== Task description ==
Look for the word "brackets" in the records, and copy each line where it appears.
*** Entries supplied Section Begins ***
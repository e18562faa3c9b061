//! Reads one text as often as the first argument says, and prints how often it was a statement. The text is a SELECT
//! whose condition is a row of brackets: as deep as the second argument says, and as many as fit into so many bytes as
//! the third says. bench/read.sh times it.
#![tactic(auto)]

use anyhow::{Context, Result};
use lb_read::{ReadFault, read};
use std::alloc::Global;
use std::env;

// The number in this place of the arguments, from 1; none where there is no such argument.
fn number(rt: &HostRuntime, place: usize) -> Result<usize> {
    match env::args(rt)?.nth(place) {
        Some(word) => word.as_str().parse::<usize>().context("reading a number"),
        None => Ok(0),
    }
}

// A condition after so many brackets, and its length.
fn nested(alloc: Global, depth: usize) -> Result<String> {
    let mut text = String::from_str(alloc, " OR ")?;
    for _ in 0..depth {
        text.push('(')?;
    }
    text.push_str("A = 1")?;
    for _ in 0..depth {
        text.push(')')?;
    }
    Ok(text)
}

// The statement: as many such conditions as fit into the bytes.
fn statement(alloc: Global, depth: usize, bytes: usize) -> Result<String> {
    let mut text = String::from_str(alloc, "SELECT A FROM T WHERE A = 1")?;
    let more = nested(alloc, depth)?;
    for _ in 0..bytes {
        if text.len().saturating_add(more.len()) > bytes {
            break;
        }
        text.push_str(more.as_str())?;
    }
    Ok(text)
}

fn is_statement(alloc: Global, text: &str) -> bool {
    is_value(read(alloc, text.as_bytes()))
}

// Whether a reading gave a value.
fn is_value<T: Drop>(reading: Result<T, ReadFault>) -> bool {
    match reading {
        Ok(_) => true,
        Err(_) => false,
    }
}

fn main(rt: HostRuntime) -> Result<()> {
    let count = number(&rt, 1)?;
    let depth = number(&rt, 2)?;
    let text = statement(rt.alloc(), depth, number(&rt, 3)?)?;
    let mut good = 0u64;
    for _ in 0..count {
        if is_statement(rt.alloc(), text.as_str()) {
            good = good.saturating_add(1);
        }
    }
    println!(rt; "{count} times {} bytes, {good} statements", text.len())?;
    Ok(())
}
*** Entries supplied Section Ends ***
== Solution for this problem ==
//! whose condition is a row of brackets: as deep as the second argument says, and as many as fit into so many bytes as
// A condition after so many brackets, and its length.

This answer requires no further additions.